Theorem: The language $F = \setbuilder{a^i b^j}{i = kj \text{ for some } k}$ is not context-free.

---

Proof: Suppose $F$ were context-free, and let $p$ be the pumping length. Let $q$ be a number strictly greater than $p$, and let $z = a^{q^2} b^q$. Note $|z| \geq p$ and $z \in F$. Let $z = uvwxy$ with $|vwx| \leq p$ and $|vx| \geq 1$. Consider cases.

Suppose $v$ and $x$ consist entirely of $a$'s. That is, $v=a^n$ and $x = a^m$ for some $n, m$ with $1 \leq n+m \leq p$. Notice that $\#_a(u v^0 w x^0 y) = q^2 - (n+m)$. Now, we use the strict requirements on $q$ to note that:

$$q^2 - q < q^2 - (n+m) < q^2$$

with strict inequalities, so $q$ cannot possibly divide the middle quantity. Therefore, the number of $b$'s does not divide the number of $a$'s and $u v^0 w x^0 y \not\in F$.

Suppose $v$ and $x$ consist entirely of $b$'s. Then $u v^i w x^i y$ will only have a strictly increasing number of $b$'s as $i$ increases. So $i$ can certainly be picked such that $\#_b(u v^i w x^i y) > q^2$, then the the number of $b$'s does not divide the number of $a$'s, and $u v^i w x^i y \not\in F$.

In the case that $v$ or $x$ contains mixed characters, that is, some $a$'s and some $b$'s, then $u v^2 w x^2 y$ is not of the form $a^* b^*$, and not in $F$.

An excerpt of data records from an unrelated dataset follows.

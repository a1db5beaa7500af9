// The pairs of a table, each a precondition `(not (= ..))` behind a space, and what any pair requires of a planner.
// They are put in the table's order, schema by schema, as the atoms are.
ghost use Rattle.std.specs.Prelude.{◌≡◌, true, suc, ◌+◌, ◌≤◌, ◌<◌, length};
ghost use Rattle.words.specs.Putting.{Puts};
ghost use Rattle.task.specs.Layout.{head_in};
ghost use Rattle.task.specs.Table.{task_of, is_table};
ghost use Rattle.task.specs.Turns.{first_pair};
ghost use Rattle.defines.specs.ByWords.{apart_in, pairs_in, needs_in};

use crate::names::{PARAMETER, put_words, words_size};
use crate::reached::Reached;
use task::layout::{pair_number, pair_of};
use task::limits::{LOWER, PAIR_SIZE, PAIRS};
use text::put::put_bytes;
use words::runs::word;

// How many parameters a pair has.
const PARAMETERS: usize = PAIR_SIZE - LOWER;

const NEEDS: [u8; 58] = *b" (:requirements :strips :equality :negative-preconditions)";

// "with any pair `(:requirements ..)` before the predicates".
pub fn put_needs(text: &mut [u8], at: usize, table: &[u16]) -> usize
    requires table_value { is_table table.now ≡ true }
    requires table_in_bounds { at + length (needs_in (head_in table.now).pairs) ≤ length text.old }
    ensures { Puts text.old at (needs_in (head_in table.now).pairs)
        text.new result }
{
    if word(table, PAIRS) == 0 {
        return at;
    }
    put_bytes(text, at, &NEEDS)
}

pub fn needs_size(table: &[u16]) -> usize
    requires { is_table table.now ≡ true }
    ensures { result ≡ length (needs_in (head_in table.now).pairs) }
{
    if word(table, PAIRS) == 0 {
        return 0;
    }
    NEEDS.len()
}

// Pair i.
fn put_pair(text: &mut [u8], at: usize, table: &[u16], i: usize) -> usize
    requires table_value { is_table table.now ≡ true }
    requires i_bound { i < (head_in table.now).pairs }
    requires i_in_bounds { at + length (apart_in table.now i) ≤ length text.old }
    ensures { Puts text.old at (apart_in table.now i) text.new result }
{
    let row = pair_of(table, i);
    let at_first = put_bytes(text, at, b" (not (=");
    let at_end = put_words(text, at_first, &PARAMETER, table, row + LOWER, PARAMETERS);
    put_bytes(text, at_end, b"))")
}

// The pairs of a schema, from the first of them on.
pub fn put_pairs(text: &mut [u8], at: usize, table: &[u16], schema: usize, from: usize) -> Reached
    requires table_value { is_table table.now ≡ true }
    requires schema_bound { schema < (head_in table.now).schemas }
    requires from_value { from ≡ first_pair (task_of table.now) schema }
    requires schema_in_bounds { at + length (pairs_in table.now from (first_pair (task_of table.now) (suc schema))) ≤
        length text.old }
    ensures pair_value { result.to ≡ first_pair (task_of table.now) (suc schema) }
    ensures fact { let w = table.now in
        Puts text.old at (pairs_in w from (first_pair (task_of w) (suc schema))) text.new result.at }
{
    let count = word(table, PAIRS);
    let mut next = at;
    for pair in from..count {
        if pair_number(table, pair) != schema {
            return Reached { at: next, to: pair };
        }
        next = put_pair(text, next, table, pair);
    }
    Reached {
        at: next,
        to: count,
    }
}

// The bytes that a pair takes.
fn pair_size(table: &[u16], i: usize) -> usize
    requires table_value { is_table table.now ≡ true }
    requires i_bound { i < (head_in table.now).pairs }
    ensures { result ≡ length (apart_in table.now i) }
{
    let row = pair_of(table, i);
    b" (not (=".len()
        + PARAMETER.len() * PARAMETERS
        + words_size(table, row + LOWER, PARAMETERS)
        + b"))".len()
}

pub fn pairs_size(table: &[u16]) -> usize
    requires { is_table table.now ≡ true }
    ensures { result ≡ length (pairs_in table.now 0 (head_in table.now).pairs) }
{
    let count = word(table, PAIRS);
    (0..count).map(|i| pair_size(table, i)).sum()
}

Finally, we consider the case where $v$ consists only of $a$'s and $x$ consists only of $b$'s. So $v = a^n$ and $x = b^m$ for some $n \geq 1$, $m \geq 1$, and $n+m \leq p$. Let $a(i) = \#_a(u v^i w x^i y)$ and $b(i) = \#_b(u v^i w x^i y)$. An $i$-pumped string is in $F$ if and only if $a(i)/b(i)$ is an integer. We have, for any positive $i$:

$$r_i = \dfrac{a(i)}{b(i)} = \dfrac{q^2 + (i-1)n}{q + (i-1)m}$$

Note that $r_1 = q$, $r_i$ is strictly decreasing, and converges to $n/m$ as $i \rightarrow \infty$. Since there are clearly only a finite number of integers (if any) between $q$ and $n/m$, there must be some $i$ such that $r_i$ is not an integer. So, for that choice of $i$, $u v^i w x^i y \not\in F$.

This contradicts the pumping lemma, so $F$ cannot be context-free.